Which special case is represented by x^2-121?
A.
the difference of two squares
B.
the difference of cubes
C.
the square of a binomial
D.
the sum of cubes
C..i think?
really ?
isn't x^2 a perfect square?
isn't 121 a perfect square ? ---- 11^2 = 121
Don't we subtract (-) to take the difference between 2 numbers?
Now what do you think??
The special case represented by x^2 - 121 is option C, the square of a binomial.
To determine which special case is represented by the expression x^2 - 121, let's break it down and analyze each option.

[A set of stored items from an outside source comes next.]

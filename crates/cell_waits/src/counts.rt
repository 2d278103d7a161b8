//! How many there are of each number.

ghost use Rattle.std.specs.Prelude.{◌≡◌, ◌+◌, ◌-◌, ℕ, OnOk, if◌then◌else◌};
ghost use Rattle.cell_waits.specs.Keys.{counts_in, no_count, is_number};

use std::alloc::{AllocError, Global};
use std::collections::BTreeMap;

/// How many there are of each number, which a contract sees as a function.
///
/// After an Err, which is want of memory, they are only dropped.
#[derive(Drop)]
pub(crate) struct Counts {
    counts: BTreeMap<u32, u64>,
}

impl Counts {
    /// None of any number.
    pub(crate) fn new(alloc: Global) -> Counts
        ensures { counts_in result ≡ no_count }
    {
        Counts {
            counts: BTreeMap::new(alloc),
        }
    }

    /// How many there are of this number.
    pub(crate) fn get(&self, number: u32) -> u64
        ensures { result ≡ counts_in self.now number }
    {
        match self.counts.get(&number) {
            Some(count) => *count,
            None => 0,
        }
    }

    /// There is one more of this number, if it is one.
    #[tactic(auto, using(crate::proofs::Counting::one_more, crate::proofs::Counting::none_more))]
    pub(crate) fn add(&mut self, number: Option<u32>) -> Result<(), AllocError>
        ensures { OnOk result ((q : ℕ) → counts_in self.new q
            ≡ counts_in self.old q + (if is_number number q then 1 else 0)) }
    {
        let Some(number) = number else {
            return Ok(());
        };
        // So many don't fit into memory.
        let Some(count) = self.get(number).checked_add(1) else {
            return Err(AllocError);
        };
        self.counts.insert(number, count)?;
        Ok(())
    }

    /// There is one less of this number, if it is one.
    #[tactic(auto, using(crate::proofs::Counting::one_less, crate::proofs::Counting::none_less))]
    pub(crate) fn take(&mut self, number: Option<u32>) -> Result<(), AllocError>
        ensures { OnOk result ((q : ℕ) → counts_in self.new q
            ≡ counts_in self.old q - (if is_number number q then 1 else 0)) }
    {
        let Some(number) = number else {
            return Ok(());
        };
        let count = self.get(number);
        if count <= 1 {
            drop(self.counts.remove(&number));
        } else {
            self.counts.insert(number, count - 1)?;
        }
        Ok(())
    }
}
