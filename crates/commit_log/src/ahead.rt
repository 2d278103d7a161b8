// The bytes that a log's reader holds ahead of its gate.
ghost use Rattle.std.specs.Prelude.{◌≡◌, ◌≤◌, ◌<◌, ℕ, List, [], Err, IfOk, length, take, drop, ◌+◌, ◌^◌, IfErr};
ghost use Rattle.site_model.specs.History.{content_of};
ghost use Rattle.site_model.specs.Calls.{HasRisen};

use crate::reader::FrameError;
use site_model::Site;
use std::alloc::Global;
use std::marker::Model;

/// The bytes that were read, from the next gate on. A clause sees them as a list.
#[derive(Drop)]
pub(crate) struct Ahead {
    bytes: Vec<u8>,
    from: usize,
}

impl Model for Ahead {
    ghost use Rattle.std.specs.Prelude.{List, ℕ, ◌≤◌, length, drop};

    ghost Value = { List ℕ };

    ghost view = { λ a. drop a.from a.bytes.items };

    ghost invariant = { λ a. a.from ≤ length a.bytes.items };
}

impl Ahead {
    /// None were read yet. This takes no memory.
    pub fn none(alloc: Global) -> Ahead
        ensures { result ≡ [] }
    {
        Ahead {
            bytes: Vec::new(alloc),
            from: 0,
        }
    }

    /// The bytes, where they lie.
    pub fn as_bytes(&self) -> &[u8]
        ensures { result.now ≡ self.now }
    {
        &self.bytes[self.from..]
    }

    /// The bytes behind the first `count`.
    pub fn behind(self, count: usize) -> Ahead
        requires { count ≤ length self }
        ensures { result ≡ drop count self }
    {
        let Ahead { bytes, from } = self;
        Ahead {
            bytes,
            from: from + count,
        }
    }

    /// Memory for so many bytes: that of the read before where it was as long, else new.
    fn room(self, alloc: Global, count: usize) -> Result<Vec<u8>, FrameError>
        ensures long { IfOk result (λ bytes. length bytes.items ≡ count) }
        ensures cause { IfErr result (λ error. error ≡ FrameError.Memory) }
    {
        let bytes = self.bytes;
        if bytes.len() == count {
            return Ok(bytes);
        }
        drop(bytes);
        match vec![in alloc; 0; count] {
            Ok(bytes) => Ok(bytes),
            Err(_) => Err(FrameError::Memory),
        }
    }

    /// In place of these, so many bytes of a file from the gate at this offset on, by one read.
    pub fn read<V: Site>(
        self,
        alloc: Global,
        site: &mut V,
        file: u32,
        gate: u64,
        count: usize,
    ) -> Result<Ahead, FrameError>
        requires { gate + 1 < 2 ^ 31 }
        ensures tells { V.tells site.new → V.tells site.old }
        ensures front { V.tells site.new → IfOk result
            (λ ahead. ahead ≡ take count (drop gate (content_of file (V.history site.old)))) }
        ensures whole { IfOk result (λ ahead. length ahead ≡ count) }
        ensures short { V.tells site.new → (offset : ℕ) → result ≡ Err (FrameError.Damaged offset)
            → length (drop gate (content_of file (V.history site.old))) < count }
        ensures unchanged { V.history site.new ≡ V.history site.old }
        ensures fault { result ≡ Err FrameError.SiteFault
            → HasRisen (V.disk_faults site.old) (V.disk_faults site.new) }
        ensures later { V.disk_faults site.old ≤ V.disk_faults site.new }
        ensures say_faults { V.say_faults site.new ≡ V.say_faults site.old }
    {
        let mut bytes = self.room(alloc, count)?;
        match site.read(file, gate, &mut bytes) {
            Ok(found) => {
                // The file is shorter than it was.
                if found < count {
                    return Err(FrameError::Damaged {
                        offset: if found == 0 { gate } else { gate + 1 },
                    });
                }
                Ok(Ahead { bytes, from: 0 })
            }
            Err(_) => Err(FrameError::SiteFault),
        }
    }
}
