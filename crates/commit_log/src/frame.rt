// A frame in memory, as one write puts it on the disk.
ghost use Rattle.std.specs.Prelude.{◌≡◌, ◌<◌, ◌^◌, ◌++◌, [], ◌∷◌, length, IfOk};
ghost use Rattle.commit_log.specs.Segment.{framed};

use std::alloc::{AllocError, Global};

/// The byte of an open gate.
pub(crate) const OPEN_GATE: u8 = 0xC3;

/// The byte that a closed gate is written as.
pub(crate) const CLOSED_GATE: u8 = 0;

/// The length, the payload, and a closed gate.
pub(crate) fn behind_gate(alloc: Global, payload: &[u8]) -> Result<Vec<u8>, AllocError>
    requires { length payload.now < 2 ^ 31 }
    ensures { IfOk result (λ v. v.items ≡ framed payload.now ++ 0 ∷ []) }
{
    let mut bytes = Vec::with_capacity(alloc, payload.len() + 5)?;
    let size = payload.len() as u32;
    bytes.extend_from_slice(&size.to_be_bytes())?;
    bytes.extend_from_slice(payload)?;
    bytes.push(CLOSED_GATE)?;
    Ok(bytes)
}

A. The difference of two squares: This special case is represented by expressions of the form a^2 - b^2. In this case, we have x^2 - 121, which cannot be written as the difference of two squares because 121 is not a perfect square.
B. The difference of cubes: This special case is represented by expressions of the form a^3 - b^3. Again, we have x^2 - 121, which cannot be written as the difference of cubes.
C. The square of a binomial: This special case is represented by expressions of the form (a + b)^2 or (a - b)^2. The expression x^2 - 121 cannot be rewritten in either of these forms.
D. The sum of cubes: This special case is represented by expressions of the form a^3 + b^3. Here, we have x^2 - 121, which cannot be written as the sum of cubes.
Since none of the given options fit the expression x^2 - 121, the correct answer is none of the above.